Distributions of ORC binding positions on λ-ARS1 and λ-ARS1-609. (A) Histogram and Gaussian fitting of ORC binding distributions on λ-ARS1. The position of the ARS1 inserted site is indicated by a red arrow. Data were analyzed using R and GraphPad Prism, and an error was defined based on 1000 bootstrap samples and a 95% confidential interval.

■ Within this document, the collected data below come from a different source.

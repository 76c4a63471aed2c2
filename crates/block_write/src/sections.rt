//! Sections.

ghost use Rattle.std.specs.Prelude.{◌≡◌, ◌++◌, chars, string_bytes, OnOk};
ghost use Rattle.std.specs.List.{flat_map};
ghost use Rattle.tree_text.specs.Writing.{attr_text, content_text};
ghost use Rattle.written_model.specs.Elements.{where_true};
ghost use Rattle.written_model.specs.Blocks.{source_element};
ghost use Rattle.block_write.specs.Sections.{section_end, tag_attributes, tag_start};

use doc_model::{Name, SectionSource};
use element_text::{push_empty_end, push_name};
use paragraph_write::{push_close, push_tag_close};
use std::alloc::AllocError;
use value_write::{push_text, push_unless_empty};

/// What a section says of itself, before its blocks. The fields are those of `Section`.
#[derive(Debug, Clone, Copy)]
pub struct SectionTag<'a> {
    /// 'text:name'.
    pub name: &'a Name,
    /// The section style ('text:style-name'), or the empty name.
    pub style: &'a Name,
    /// Whether its paragraphs are kept from edits ('text:protected').
    pub protected: bool,
    /// Whether its paragraphs are left out of the pages ('text:display' none).
    pub hidden: bool,
    /// Where its blocks come from, if from another file.
    pub source: &'a Option<SectionSource>,
}

/// Adds an attribute where something holds.
fn push_where(out: &mut String, name: &str, value: &str, holds: bool) -> Result<(), AllocError>
    ensures { OnOk result (chars (string_bytes out.new) ≡ chars (string_bytes out.old) ++ flat_map attr_text (where_true (chars name.now) (chars value.now) holds)) }
{
    if holds {
        return push_text(out, name, value);
    }
    Ok(())
}

/// Adds the attributes of a section.
fn push_attributes(out: &mut String, tag: SectionTag<'_>) -> Result<(), AllocError>
    ensures { OnOk result (chars (string_bytes out.new) ≡ chars (string_bytes out.old) ++ flat_map attr_text (tag_attributes tag.entry)) }
{
    push_unless_empty(out, "text:style-name", tag.style.get())?;
    push_unless_empty(out, "text:name", tag.name.get())?;
    push_where(out, "text:protected", "true", tag.protected)?;
    push_where(out, "text:display", "none", tag.hidden)
}

/// Adds where the blocks of a section come from.
fn push_some_source(out: &mut String, source: &SectionSource) -> Result<(), AllocError>
    ensures { OnOk result (chars (string_bytes out.new) ≡ chars (string_bytes out.old) ++ content_text (source_element (Some source.now))) }
{
    push_name(out, "text:section-source")?;
    push_unless_empty(out, "xlink:href", source.href.get())?;
    push_unless_empty(out, "text:section-name", source.section.get())?;
    push_empty_end(out)
}

/// Adds it if it is another file.
fn push_source(out: &mut String, source: &Option<SectionSource>) -> Result<(), AllocError>
    ensures { OnOk result (chars (string_bytes out.new) ≡ chars (string_bytes out.old) ++ content_text (source_element source.now)) }
{
    match source {
        None => Ok(()),
        Some(source) => push_some_source(out, source),
    }
}

/// Adds what stands before the blocks of a section, which holds something, a source or blocks, or nothing.
pub fn push_section_start(
    out: &mut String,
    tag: SectionTag<'_>,
    holds: bool,
) -> Result<(), AllocError>
    ensures { OnOk result (chars (string_bytes out.new) ≡ chars (string_bytes out.old) ++ tag_start tag.entry holds) }
{
    push_name(out, "text:section")?;
    push_attributes(out, tag)?;
    push_tag_close(out, holds)?;
    push_source(out, tag.source)
}

/// Adds what stands behind them.
pub fn push_section_end(out: &mut String, holds: bool) -> Result<(), AllocError>
    ensures { OnOk result (chars (string_bytes out.new) ≡ chars (string_bytes out.old) ++ section_end holds) }
{
    push_close(out, "text:section", holds)
}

N stands for the number of ORC molecules. (B) Histogram and Gaussian fitting of ORC binding distribution on λ-ARS1-ARS609. The positions of ARS1 and ARS609 inserted sites are indicated by red and black arrows, respectively.

Figure 6

ORC binding on inverted λ-ARS1-ARS609. (A) ORC binding on inverted λ-ARS1-ARS609 together with flow in theory. DNA was biotinylated using the biotinylated oligonucleotide complementary to the right end of native λDNA. (B) ORC-Qdot₇₀₅ binding on inverted λ-ARS1-ARS609. (left) DNA was stained using SYTOX Orange and excited using a 532 nm laser; (center) ORC-Qdot₇₀₅ was excited using a 405 nm laser; (right) merged images. Three ORC binding positions at ARS1 and ARS609 are indicated by red and black arrows, respectively. (C) Distribution of ORC binding on inverted λ-ARS1-ARS609. Positions of ARS1 and ARS609 inserted sites are indicated by red and black arrows, respectively.